Bytedance blocked 550 million fake likes and follows on Douyin and banned more than 2 million accounts associated with these misbehaviors in a three-month cleanup campaign in 2019, the company said in an announcement Thursday.
Why it matters: Fake likes and follows have plagued China’s content platforms for years. They’re bought by would-be influencers to simulate a large following, allowing them to charge inflated prices for ads and to trick recommendation algorithms into thinking they have popular content. As the most popular short video app in the country, Douyin is no exception.
- Little Red Book, a platform where users share product reviews, said it banned a total of 21.3 million accounts for posting fake reviews in 2019.
Details: Named “Woodpecker 2019,” the campaign ran from October to December and targeted the malicious batch registering of accounts, fake likes and follows, and fake influencers on Douyin.
- Bytedance Security Center blocked close to 92 million “malicious” requests to register accounts during the three-month period.
- The center also suspended 293 Douyin accounts with more than 1 million followers and 4,638 accounts with over 100,000 followers for cheating.
- One of the banned influencers, “Miss Mei from Tianmu Mountain,” had 3 million followers, reports TechWeb.
- Also banned were 17,089 accounts that use fake likes and follows to attract customers to stores. The company reported 113 websites associated with these illicit activities to authorities.
- Bytedance said it would routinize such cleanup campaigns to guard against the fake like industry.

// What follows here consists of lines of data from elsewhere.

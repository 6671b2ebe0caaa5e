//! A model in the making.

use crate::expression::greatest;
use crate::scope::{Entry, Scope};
use crate::text::{begin, put};
use occ_syntax::{Kind, Memory, Name, push_number};
use std::alloc::Global;

/// A model in the making: what stands in front, the processes of the parts of PARs so far, and what is in scope.
#[derive(Drop)]
pub(crate) struct Model {
    pub(crate) alloc: Global,
    pub(crate) scope: Scope,
    pub(crate) head: Vec<u8>,
    pub(crate) parts: Vec<u8>,
    /// How many numbers were given to variables, processes and counters.
    pub(crate) numbers: u64,
    /// How many channels there are; two of them nobody uses.
    pub(crate) channels: u64,
    /// How many variables are assigned at once, at most.
    pub(crate) most: usize,
}

impl Model {
    /// A new number.
    pub(crate) fn number(&mut self) -> u64 {
        self.numbers = self.numbers.saturating_add(1);
        self.numbers
    }

    /// Brings a variable or a channel into scope, and declares it in front.
    pub(crate) fn enter(&mut self, name: Name, kind: Kind) -> Result<(), Memory> {
        match kind {
            Kind::Var(_) => {
                let number = self.number();
                let entry = Entry { name, kind, number };
                put(&mut self.head, b"byte ")?;
                self.scope.put_entry(&mut self.head, entry)?;
                put(&mut self.head, b";\n")?;
                self.scope.entries.push(entry)?;
            }
            Kind::Chan(_, _) => {
                let number = self.channels;
                self.channels = self.channels.saturating_add(1);
                let entry = Entry { name, kind, number };
                put(&mut self.head, b"#define ")?;
                self.scope.put_entry(&mut self.head, entry)?;
                put(&mut self.head, b" ")?;
                push_number(&mut self.head, number)?;
                put(&mut self.head, b"\n")?;
                self.scope.entries.push(entry)?;
            }
        }
        Ok(())
    }

    /// Adds the choice of a variable's first value.
    pub(crate) fn put_choice(
        &self,
        text: &mut Vec<u8>,
        level: usize,
        name: Name,
        kind: Kind,
    ) -> Result<(), Memory> {
        if let Kind::Var(_) = kind {
            begin(text, level)?;
            put(text, b"atomic { select(")?;
            self.scope.put_name(text, name)?;
            put(text, b" : 0 .. ")?;
            push_number(text, greatest(kind.bits()))?;
            put(text, b") };\n")?;
        }
        Ok(())
    }
}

Context: Short video platforms such as Douyin and Kuaishou have been conducting stricter self-regulation under threat of costly suspensions from regulators, who have been scrutinizing all kinds of content platforms for inappropriate content and market-disrupting activity.
- In September, Kuaishou banned 39 popular content creators for posting clickbait videos and “malicious hype” videos, such as fabricated sob stories and content that exaggerates the circumstances of disadvantaged groups.
- Both platforms launched a “youth mode” in March last year, which can limit underage users to feeds consisting of educational and informational videos. Neither platform has made the mode mandatory.